An appellate court has given the City of Alameda new life in a lawsuit over the city’s attempt to acquire railroad property for far less than market value.
The First District Court of Appeal overturned a trial court ruling that a nearly 80-year-old contract between the city and the railroad owner was too vague to enforce. A unanimous three-judge panel ruled that the trial court should consider evidence developed after completion of the 1924 contract, and the appellate panel returned the lawsuit to the lower court for further proceedings.
At issue in the litigation is property in Alameda that could be worth tens of millions of dollars. In 1924, the city sold a municipal belt line railroad for $30,000 to the Alameda Belt Line (ABL), which was a corporate venture of Western Pacific Railroad Company and The Atchison, Topeka and Santa Fe Railway Company. Paragraph 14 of the agreement gave the city the right to repurchase the belt line and "all extensions thereof" at a sum equal to ABL’s cost to acquire and improve the property.
In 1999, the city learned that ABL was selling parcels of land and was in the process of selling a 22-acre rail storage yard for $18 million. So in November 1999, the city gave ABL notice that the city intended to exercise its right to repurchase the railroad and all extensions pursuant to the 1924 contract.

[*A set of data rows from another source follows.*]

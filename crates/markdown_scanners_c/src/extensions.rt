//! The extensions that C callers ask for, by the bits of `enum mds_extension`.
ghost use Rattle.std.specs.Prelude.{◌≡◌, ◌==◌};
ghost use Rattle.markdown_events.specs.page.Settings.{not_built};
ghost use Rattle.markdown_scanners_c.specs.Extensions.{extensions_of, options_of, unknown_bits};

use bitflags::Flags;
use markdown_events::settings::not_built;
use markdown_values::values::{Extensions, Options};

/// What these bits ask for.
pub(crate) fn extensions_of(bits: u32) -> Extensions
    ensures { result ≡ extensions_of bits }
{
    Extensions::of(Options::from_bits_retain(bits))
}

/// Whether each of these bits is one of an extension.
pub(crate) fn are_extensions(bits: u32) -> bool
    ensures { result ≡ (unknown_bits bits == 0) }
{
    let options = Options::from_bits_retain(bits);
    let known = extensions_of(bits).options();
    options.difference(known).is_empty()
}

/// Whether each of these bits is one of an extension of which events are built.
pub(crate) fn are_built(bits: u32) -> bool
    ensures { result ≡ (not_built (options_of bits) == 0) }
{
    not_built(Options::from_bits_retain(bits)).is_empty()
}
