//! The version of the library.
ghost use Rattle.std.specs.Prelude.{◌≡◌};
ghost use Rattle.markdown_scanners_c.specs.Version.{version};

const MAJOR: u32 = 0;

const MINOR: u32 = 2;

const PATCH: u32 = 0;

/// The three numbers of the version as one, of which each but the first has eight bits.
#[unsafe(no_mangle)]
pub extern "C" fn mds_version() -> u32
    ensures { result ≡ version }
{
    (MAJOR << 16) | (MINOR << 8) | PATCH
}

Alameda Belt Line sued, contending that paragraph 14 was unenforceable because the term "all extensions thereof" did not sufficiently define the property that the city could repurchase. Alameda County Superior Court Judge Judith Ford accepted ABL’s argument and issued a summary judgment for ABL. The city appealed, and the First District overturned Judge Ford.
The issue before the appellate court was whether evidence not included in the 1924 written contract could be considered in determining the property that the city may reacquire. The city argued that such evidence should be considered when interpreting the contract, and the First District agreed.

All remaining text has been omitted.